Common name: Sage
Latin name: Salvia officinalis
Other names: Garden Sage, Common sage
Habitat: Sage is native to the Mediterranean region. It usually grows on hillsides and grassland.
Description: Sage is a small, perennial, evergreen shrub. It has a strong taproot and woody, wiry stems. Its leaves are oblong to lanceolate, finely toothed and hairy, gray-green in color. Flowers are in whorls, violet-blue.
Parts used: Whole plant
Useful components: Tannins, resin, volatile oil
Medicinal use: Sage is considered to be antihydrotic, antiseptic, antispasmodic, astringent, carminative, cholagogue, galactofuge, stimulant, tonic and vasodilator.
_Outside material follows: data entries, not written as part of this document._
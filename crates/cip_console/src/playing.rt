//! The steps of a script, each kind played over a world.
ghost use Rattle.std.specs.Prelude.{◌≡◌, ◌≢◌, ◌++◌, [], reverse, OnOk, OnErr};
ghost use Rattle.cip_world.specs.declared.journal.Input.TheVariants as inputs;
ghost use Rattle.cip_world.specs.Runs.{IsRun};
ghost use Rattle.cip_world.specs.Waiting.{waiting};
ghost use Rattle.cip_chain.specs.Index.{IsIndexOf};
ghost use Rattle.cip_console.specs.Known.{AppendsFront};
ghost use Rattle.cip_console.specs.Playing.{Prints, Plays};
ghost use Rattle.cip_transcript.specs.Show.{names_of};
ghost use Rattle.cip_console.specs.Transcript.{brought, deliveries, end_text, given, lost, newest};
ghost use Rattle.cip_console.specs.Transcript.{ran, tabled, trailed, chained};

use crate::source::{Sink, WriteFault, write_text};
use cip_base::{Bytes, ModuleId, Ms, NoMemory};
use cip_chain::TrailIndex;
use cip_routing::Command;
use cip_script::ScriptFault;
use cip_transcript::{name_in, put, put_chain_of, put_entry, put_tables, put_trail};
use cip_world::{Entry, FrameName, Shown, World, WorldFault};
use std::alloc::Global;

/// Why a step of a script was not played to its end.
#[derive(Clone, Copy)]
pub(crate) enum PlayFault {
    /// The run stops there: no such frame waits, or a clock is full.
    Stopped(ScriptFault),
    /// The writer failed or took no byte.
    Write,
    /// An allocation was refused.
    NoMemory,
}

// How much text is gathered before it is written.
pub(crate) const FULL: usize = 32_768;

/// Writes the text that was gathered, once it has at least so many bytes. An error where the writer
/// failed or took no byte.
pub(crate) fn flush<W: Sink>(
    writer: &mut W,
    text: &mut Vec<u8>,
    least: usize,
) -> Result<(), WriteFault>
    ensures ok { OnOk result (Prints (W.contents writer.old) (W.contents writer.new) text.old.items
        text.new.items []) }
    ensures all { OnOk result (least ≡ 0 → text.new.items ≡ []) }
    ensures err { OnErr result (AppendsFront (W.contents writer.old) (W.contents writer.new)
        text.old.items) }
    ensures taken { OnOk result (W.has_refused writer.new → W.has_refused writer.old) }
    ensures refused { OnErr result (W.has_refused writer.new) }
{
    if text.len() >= least {
        write_text(writer, text.as_slice())?;
        text.clear();
    }
    Ok(())
}

// The newest entry of a journal, behind a text.
fn put_newest(names: &[Bytes], journal: &[Entry], text: &mut Vec<u8>) -> Result<(), NoMemory>
    ensures { OnOk result (text.new.items ≡ text.old.items
        ++ newest names.now (reverse journal.now)) }
{
    match journal.last() {
        Some(entry) => put_entry(text, names, journal.len() - 1, entry),
        None => Ok(()),
    }
}

// How far the run is, where that is due.
fn tell<W: Sink>(world: &World, writer: &mut W)
    ensures contents { W.contents writer.new ≡ W.contents writer.old }
    ensures taken { W.has_refused writer.new → W.has_refused writer.old }
{
    if writer.is_due() {
        if let Ok(waiting) = world.waiting() {
            writer.tell(world.journal().len(), waiting.len());
        }
    }
}

/// Tells the writer which frames wait, where a run has stopped.
pub(crate) fn tell_waiting<W: Sink>(world: &World, writer: &mut W)
    ensures contents { W.contents writer.new ≡ W.contents writer.old }
    ensures taken { W.has_refused writer.new → W.has_refused writer.old }
{
    if let Ok(waiting) = world.waiting() {
        writer.tell_waiting(waiting);
    }
}

// Once enough text was gathered it is written, and how far the run is may be told.
#[inline(always)]
fn flush_if_full<W: Sink>(
    world: &World,
    writer: &mut W,
    text: &mut Vec<u8>,
) -> Result<(), WriteFault>
    ensures ok { OnOk result (Prints (W.contents writer.old) (W.contents writer.new) text.old.items
        text.new.items []) }
    ensures err { OnErr result (AppendsFront (W.contents writer.old) (W.contents writer.new)
        text.old.items) }
    ensures taken { OnOk result (W.has_refused writer.new → W.has_refused writer.old) }
    ensures refused { OnErr result (W.has_refused writer.new) }
{
    if text.len() < FULL {
        return Ok(());
    }
    flush(writer, text, FULL)?;
    tell(world, writer);
    Ok(())
}

/// Prints the newest entry of a world: its text goes behind what was gathered, and this is written
/// once there is enough of it. Write where the writer failed or took no byte, NoMemory where an
/// allocation is refused; it never stops.
#[inline(always)]
pub(crate) fn show<W: Sink>(
    world: &World,
    names: &[Bytes],
    writer: &mut W,
    text: &mut Vec<u8>,
) -> Result<(), PlayFault>
    ensures run { IsRun world.now.ledger.plan world.now.ledger.journal }
    ensures ok { OnOk result (Prints (W.contents writer.old) (W.contents writer.new) text.old.items
        text.new.items (newest names.now world.now.ledger.journal)) }
    ensures err { OnErr result (AppendsFront (W.contents writer.old) (W.contents writer.new)
        (text.old.items ++ newest names.now world.now.ledger.journal)) }
    ensures step { (fault : _) → result ≢ Err (PlayFault.Stopped fault) }
    ensures taken { result ≢ Err PlayFault.Write → W.has_refused writer.new
        → W.has_refused writer.old }
    ensures refused { result ≡ Err PlayFault.Write → W.has_refused writer.new }
{
    match put_newest(names, world.journal(), text) {
        Ok(()) => match flush_if_full(world, writer, text) {
            Ok(()) => Ok(()),
            Err(WriteFault) => Err(PlayFault::Write),
        },
        Err(NoMemory) => Err(PlayFault::NoMemory),
    }
}

// Delivers the waiting frame of least name, up to so many times.
fn deliver<W: Sink>(
    world: &mut World,
    names: &[Bytes],
    limit: usize,
    writer: &mut W,
    text: &mut Vec<u8>,
) -> Result<(), PlayFault>
    requires stand { ⟦<World as Shown>⟧.stands world.old }
    requires names { names.now ≡ names_of world.old.ledger.plan }
    ensures stand { ⟦<World as Shown>⟧.stands world.new }
    ensures plan { world.new.ledger.plan ≡ world.old.ledger.plan }
    ensures plays { Plays (deliveries world.old.ledger.plan limit world.old.ledger.journal)
        (W.contents writer.old) (W.contents writer.new) text.old.items text.new.items
        world.new.ledger.journal result }
    ensures taken { result ≢ Err PlayFault.Write → W.has_refused writer.new
        → W.has_refused writer.old }
    ensures refused { result ≡ Err PlayFault.Write → W.has_refused writer.new }
{
    for i in 0..limit {
        match world.deliver_least() {
            Ok(true) => match show(world, names, writer, text) {
                Ok(()) => {}
                Err(fault) => return Err(fault),
            },
            Ok(false) => return Ok(()),
            Err(_) => return Err(PlayFault::NoMemory),
        }
    }
    Ok(())
}

// Whether a frame is left that waits.
fn put_end(world: &mut World, text: &mut Vec<u8>) -> Result<(), NoMemory>
    requires stand { ⟦<World as Shown>⟧.stands world.old }
    ensures stand { ⟦<World as Shown>⟧.stands world.new }
    ensures plan { world.new.ledger.plan ≡ world.old.ledger.plan }
    ensures journal { world.new.ledger.journal ≡ world.old.ledger.journal }
    ensures ok { OnOk result (text.new.items ≡ text.old.items
        ++ end_text (waiting world.old.ledger.plan world.old.ledger.journal)) }
{
    if world.is_quiet()? {
        put(text, b"quiet\n")
    } else {
        put(text, b"limit\n")
    }
}

// Whether a frame is left that waits: it is printed, and what was gathered is written once there is
// enough of it.
fn show_end<W: Sink>(world: &mut World, writer: &mut W, text: &mut Vec<u8>) -> Result<(), PlayFault>
    requires stand { ⟦<World as Shown>⟧.stands world.old }
    ensures stand { ⟦<World as Shown>⟧.stands world.new }
    ensures plan { world.new.ledger.plan ≡ world.old.ledger.plan }
    ensures journal { world.new.ledger.journal ≡ world.old.ledger.journal }
    ensures ok { OnOk result (Prints (W.contents writer.old) (W.contents writer.new) text.old.items
        text.new.items (end_text (waiting world.old.ledger.plan world.old.ledger.journal))) }
    ensures err { OnErr result (AppendsFront (W.contents writer.old) (W.contents writer.new)
        (text.old.items ++ end_text (waiting world.old.ledger.plan world.old.ledger.journal))) }
    ensures step { (fault : _) → result ≢ Err (PlayFault.Stopped fault) }
    ensures taken { result ≢ Err PlayFault.Write → W.has_refused writer.new
        → W.has_refused writer.old }
    ensures refused { result ≡ Err PlayFault.Write → W.has_refused writer.new }
{
    match put_end(world, text) {
        Ok(()) => match flush_if_full(world, writer, text) {
            Ok(()) => Ok(()),
            Err(WriteFault) => Err(PlayFault::Write),
        },
        Err(NoMemory) => Err(PlayFault::NoMemory),
    }
}

/// Gives a command to a module, and prints the entry. Stopped with ClockFull where there is none:
/// the module's clock is full, or there is no such module. Write where the writer failed or took no
/// byte, NoMemory where an allocation is refused.
pub(crate) fn feed<W: Sink>(
    world: &mut World,
    names: &[Bytes],
    at: ModuleId,
    command: Command,
    writer: &mut W,
    text: &mut Vec<u8>,
) -> Result<(), PlayFault>
    requires stand { ⟦<World as Shown>⟧.stands world.old }
    requires names { names.now ≡ names_of world.old.ledger.plan }
    ensures stand { ⟦<World as Shown>⟧.stands world.new }
    ensures plan { world.new.ledger.plan ≡ world.old.ledger.plan }
    ensures plays { Plays (given world.old.ledger.plan world.old.ledger.journal at
        (inputs.Command command))
        (W.contents writer.old) (W.contents writer.new) text.old.items text.new.items
        world.new.ledger.journal result }
    ensures taken { result ≢ Err PlayFault.Write → W.has_refused writer.new
        → W.has_refused writer.old }
    ensures refused { result ≡ Err PlayFault.Write → W.has_refused writer.new }
{
    match world.feed(at, command) {
        Ok(_) => show(world, names, writer, text),
        Err(WorldFault::NoMemory) => Err(PlayFault::NoMemory),
        Err(WorldFault::NoModule) => Err(PlayFault::Stopped(ScriptFault::ClockFull)),
        Err(WorldFault::NoFrame) => Err(PlayFault::Stopped(ScriptFault::ClockFull)),
        Err(WorldFault::Step(_)) => Err(PlayFault::Stopped(ScriptFault::ClockFull)),
    }
}

/// Lets so many milliseconds go by at a module, and prints the entry. Stopped with ClockFull where
/// there is none: the module's clock is full, or there is no such module. Write where the writer
/// failed or took no byte, NoMemory where an allocation is refused.
pub(crate) fn tick<W: Sink>(
    world: &mut World,
    names: &[Bytes],
    at: ModuleId,
    by: Ms,
    writer: &mut W,
    text: &mut Vec<u8>,
) -> Result<(), PlayFault>
    requires stand { ⟦<World as Shown>⟧.stands world.old }
    requires names { names.now ≡ names_of world.old.ledger.plan }
    ensures stand { ⟦<World as Shown>⟧.stands world.new }
    ensures plan { world.new.ledger.plan ≡ world.old.ledger.plan }
    ensures plays { Plays (given world.old.ledger.plan world.old.ledger.journal at (inputs.Tick by))
        (W.contents writer.old) (W.contents writer.new) text.old.items text.new.items
        world.new.ledger.journal result }
    ensures taken { result ≢ Err PlayFault.Write → W.has_refused writer.new
        → W.has_refused writer.old }
    ensures refused { result ≡ Err PlayFault.Write → W.has_refused writer.new }
{
    match world.tick(at, by) {
        Ok(_) => show(world, names, writer, text),
        Err(WorldFault::NoMemory) => Err(PlayFault::NoMemory),
        Err(WorldFault::NoModule) => Err(PlayFault::Stopped(ScriptFault::ClockFull)),
        Err(WorldFault::NoFrame) => Err(PlayFault::Stopped(ScriptFault::ClockFull)),
        Err(WorldFault::Step(_)) => Err(PlayFault::Stopped(ScriptFault::ClockFull)),
    }
}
It has a history of medicinal uses, and was considered to be, as its name suggests, “the savior” (salvia), or the healer, a great remedy to promote longevity and wellbeing. Sage is most commonly used in treatment of respiratory problems: infections, cough, cold and sore throat. It is recommended as an appetite and uterine stimulant. Tea is very beneficial in cases of nervous complaints, problems with digestion, liver and kidney disorders. Strong infusion could act as a lotion against ulcers and raw abrasion on the skin.
Safety: Being a powerful uterine stimulant, Sage should be avoided during pregnancy, and also during lactation. Some herbs could react with certain medication. Therefore, it is highly advisable to consult your doctor before consumption of any herb.